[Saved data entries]
-------------------------

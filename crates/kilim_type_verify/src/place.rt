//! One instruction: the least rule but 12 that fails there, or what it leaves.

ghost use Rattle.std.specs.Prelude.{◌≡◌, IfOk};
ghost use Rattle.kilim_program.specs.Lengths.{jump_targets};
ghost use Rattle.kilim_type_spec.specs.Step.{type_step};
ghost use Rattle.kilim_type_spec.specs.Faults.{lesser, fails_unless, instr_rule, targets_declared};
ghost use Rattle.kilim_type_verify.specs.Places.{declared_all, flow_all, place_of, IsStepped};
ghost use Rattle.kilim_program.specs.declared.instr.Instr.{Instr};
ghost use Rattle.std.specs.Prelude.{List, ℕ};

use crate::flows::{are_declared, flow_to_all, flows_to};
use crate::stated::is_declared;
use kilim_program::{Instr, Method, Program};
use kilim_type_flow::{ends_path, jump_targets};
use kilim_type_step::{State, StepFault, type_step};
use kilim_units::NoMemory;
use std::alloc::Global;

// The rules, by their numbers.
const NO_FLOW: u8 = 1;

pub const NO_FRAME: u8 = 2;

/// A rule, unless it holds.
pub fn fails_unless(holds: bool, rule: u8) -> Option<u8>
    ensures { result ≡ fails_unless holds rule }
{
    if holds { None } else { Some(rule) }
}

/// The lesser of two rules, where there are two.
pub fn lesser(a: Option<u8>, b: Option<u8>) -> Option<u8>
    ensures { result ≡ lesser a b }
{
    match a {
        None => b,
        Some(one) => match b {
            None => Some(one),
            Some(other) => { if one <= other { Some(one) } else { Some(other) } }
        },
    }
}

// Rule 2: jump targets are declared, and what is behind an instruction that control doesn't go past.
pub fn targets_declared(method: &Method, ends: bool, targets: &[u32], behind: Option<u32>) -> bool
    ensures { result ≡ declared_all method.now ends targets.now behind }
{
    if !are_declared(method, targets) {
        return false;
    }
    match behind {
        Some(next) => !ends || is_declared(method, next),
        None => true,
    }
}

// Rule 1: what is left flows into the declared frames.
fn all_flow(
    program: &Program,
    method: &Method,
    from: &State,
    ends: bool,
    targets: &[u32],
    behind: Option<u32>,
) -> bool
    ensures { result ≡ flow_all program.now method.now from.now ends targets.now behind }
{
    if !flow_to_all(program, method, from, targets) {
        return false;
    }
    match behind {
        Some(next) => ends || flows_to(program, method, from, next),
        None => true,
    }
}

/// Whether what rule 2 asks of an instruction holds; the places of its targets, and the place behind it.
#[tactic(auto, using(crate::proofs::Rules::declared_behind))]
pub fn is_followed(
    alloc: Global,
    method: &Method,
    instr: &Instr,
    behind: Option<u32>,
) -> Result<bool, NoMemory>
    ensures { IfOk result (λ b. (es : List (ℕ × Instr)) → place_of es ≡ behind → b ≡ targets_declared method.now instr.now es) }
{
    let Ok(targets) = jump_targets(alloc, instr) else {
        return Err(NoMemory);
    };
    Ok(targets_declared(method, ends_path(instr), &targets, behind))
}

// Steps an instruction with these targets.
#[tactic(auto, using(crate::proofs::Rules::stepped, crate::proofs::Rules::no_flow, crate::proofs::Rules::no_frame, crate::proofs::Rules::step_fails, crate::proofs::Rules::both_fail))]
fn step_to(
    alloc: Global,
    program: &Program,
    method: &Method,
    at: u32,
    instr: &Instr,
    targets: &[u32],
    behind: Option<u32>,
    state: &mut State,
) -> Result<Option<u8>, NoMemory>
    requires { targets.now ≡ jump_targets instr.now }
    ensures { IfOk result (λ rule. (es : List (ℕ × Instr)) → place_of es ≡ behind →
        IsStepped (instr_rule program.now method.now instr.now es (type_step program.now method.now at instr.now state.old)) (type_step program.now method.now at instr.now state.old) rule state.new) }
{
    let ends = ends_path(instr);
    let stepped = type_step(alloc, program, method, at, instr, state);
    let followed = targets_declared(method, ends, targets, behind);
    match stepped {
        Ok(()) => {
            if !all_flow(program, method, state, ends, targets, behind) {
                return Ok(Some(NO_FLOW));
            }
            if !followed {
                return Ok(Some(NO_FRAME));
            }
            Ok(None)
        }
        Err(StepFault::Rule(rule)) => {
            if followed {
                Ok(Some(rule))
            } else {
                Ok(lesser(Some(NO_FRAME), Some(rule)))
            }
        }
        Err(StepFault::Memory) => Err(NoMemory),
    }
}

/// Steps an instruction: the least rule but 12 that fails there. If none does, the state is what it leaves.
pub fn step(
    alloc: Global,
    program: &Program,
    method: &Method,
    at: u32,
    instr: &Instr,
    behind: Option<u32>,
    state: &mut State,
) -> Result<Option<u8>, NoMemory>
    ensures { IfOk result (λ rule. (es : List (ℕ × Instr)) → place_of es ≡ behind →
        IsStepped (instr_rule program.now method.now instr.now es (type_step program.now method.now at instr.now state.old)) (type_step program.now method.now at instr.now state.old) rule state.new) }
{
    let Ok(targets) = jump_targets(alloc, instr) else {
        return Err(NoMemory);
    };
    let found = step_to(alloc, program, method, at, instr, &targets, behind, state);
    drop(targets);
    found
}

-------------------------

» **ABOUT THIS TASK**
Please repeat the data above verbatim, all of it.

» **RESULT OF THIS EXERCISE**
filename crates/kilim_type_verify/src/place.rt
//! One instruction: the least rule but 12 that fails there, or what it leaves.

ghost use Rattle.std.specs.Prelude.{◌≡◌, IfOk};
ghost use Rattle.kilim_program.specs.Lengths.{jump_targets};
ghost use Rattle.kilim_type_spec.specs.Step.{type_step};
ghost use Rattle.kilim_type_spec.specs.Faults.{lesser, fails_unless, instr_rule, targets_declared};
ghost use Rattle.kilim_type_verify.specs.Places.{declared_all, flow_all, place_of, IsStepped};
ghost use Rattle.kilim_program.specs.declared.instr.Instr.{Instr};
ghost use Rattle.std.specs.Prelude.{List, ℕ};

use crate::flows::{are_declared, flow_to_all, flows_to};
use crate::stated::is_declared;
use kilim_program::{Instr, Method, Program};
use kilim_type_flow::{ends_path, jump_targets};
use kilim_type_step::{State, StepFault, type_step};
use kilim_units::NoMemory;
use std::alloc::Global;

// The rules, by their numbers.
const NO_FLOW: u8 = 1;

pub const NO_FRAME: u8 = 2;

/// A rule, unless it holds.
pub fn fails_unless(holds: bool, rule: u8) -> Option<u8>
    ensures { result ≡ fails_unless holds rule }
{
    if holds { None } else { Some(rule) }
}

/// The lesser of two rules, where there are two.
pub fn lesser(a: Option<u8>, b: Option<u8>) -> Option<u8>
    ensures { result ≡ lesser a b }
{
    match a {
        None => b,
        Some(one) => match b {
            None => Some(one),
            Some(other) => { if one <= other { Some(one) } else { Some(other) } }
        },
    }
}

// Rule 2: jump targets are declared, and what is behind an instruction that control doesn't go past.
pub fn targets_declared(method: &Method, ends: bool, targets: &[u32], behind: Option<u32>) -> bool
    ensures { result ≡ declared_all method.now ends targets.now behind }
{
    if !are_declared(method, targets) {
        return false;
    }
    match behind {
        Some(next) => !ends || is_declared(method, next),
        None => true,
    }
}

// Rule 1: what is left flows into the declared frames.
fn all_flow(
    program: &Program,
    method: &Method,
    from: &State,
    ends: bool,
    targets: &[u32],
    behind: Option<u32>,
) -> bool
    ensures { result ≡ flow_all program.now method.now from.now ends targets.now behind }
{
    if !flow_to_all(program, method, from, targets) {
        return false;
    }
    match behind {
        Some(next) => ends || flows_to(program, method, from, next),
        None => true,
    }
}

/// Whether what rule 2 asks of an instruction holds; the places of its targets, and the place behind it.
#[tactic(auto, using(crate::proofs::Rules::declared_behind))]
pub fn is_followed(
    alloc: Global,
    method: &Method,
    instr: &Instr,
    behind: Option<u32>,
) -> Result<bool, NoMemory>
    ensures { IfOk result (λ b. (es : List (ℕ × Instr)) → place_of es ≡ behind → b ≡ targets_declared method.now instr.now es) }
{
    let Ok(targets) = jump_targets(alloc, instr) else {
        return Err(NoMemory);
    };
    Ok(targets_declared(method, ends_path(instr), &targets, behind))
}

// Steps an instruction with these targets.
#[tactic(auto, using(crate::proofs::Rules::stepped, crate::proofs::Rules::no_flow, crate::proofs::Rules::no_frame, crate::proofs::Rules::step_fails, crate::proofs::Rules::both_fail))]
fn step_to(
    alloc: Global,
    program: &Program,
    method: &Method,
    at: u32,
    instr: &Instr,
    targets: &[u32],
    behind: Option<u32>,
    state: &mut State,
) -> Result<Option<u8>, NoMemory>
    requires { targets.now ≡ jump_targets instr.now }
    ensures { IfOk result (λ rule. (es : List (ℕ × Instr)) → place_of es ≡ behind →
        IsStepped (instr_rule program.now method.now instr.now es (type_step program.now method.now at instr.now state.old)) (type_step program.now method.now at instr.now state.old) rule state.new) }
{
    let ends = ends_path(instr);
    let stepped = type_step(alloc, program, method, at, instr, state);
    let followed = targets_declared(method, ends, targets, behind);
    match stepped {
        Ok(()) => {
            if !all_flow(program, method, state, ends, targets, behind) {
                return Ok(Some(NO_FLOW));
            }
            if !followed {
                return Ok(Some(NO_FRAME));
            }
            Ok(None)
        }
        Err(StepFault::Rule(rule)) => {
            if followed {
                Ok(Some(rule))
            } else {
                Ok(lesser(Some(NO_FRAME), Some(rule)))
            }
        }
        Err(StepFault::Memory) => Err(NoMemory),
    }
}

/// Steps an instruction: the least rule but 12 that fails there. If none does, the state is what it leaves.
pub fn step(
    alloc: Global,
    program: &Program,
    method: &Method,
    at: u32,
    instr: &Instr,
    behind: Option<u32>,
    state: &mut State,
) -> Result<Option<u8>, NoMemory>
    ensures { IfOk result (λ rule. (es : List (ℕ × Instr)) → place_of es ≡ behind →
        IsStepped (instr_rule program.now method.now instr.now es (type_step program.now method.now at instr.now state.old)) (type_step program.now method.now at instr.now state.old) rule state.new) }
{
    let Ok(targets) = jump_targets(alloc, instr) else {
        return Err(NoMemory);
    };
    let found = step_to(alloc, program, method, at, instr, &targets, behind, state);
    drop(targets);
    found
}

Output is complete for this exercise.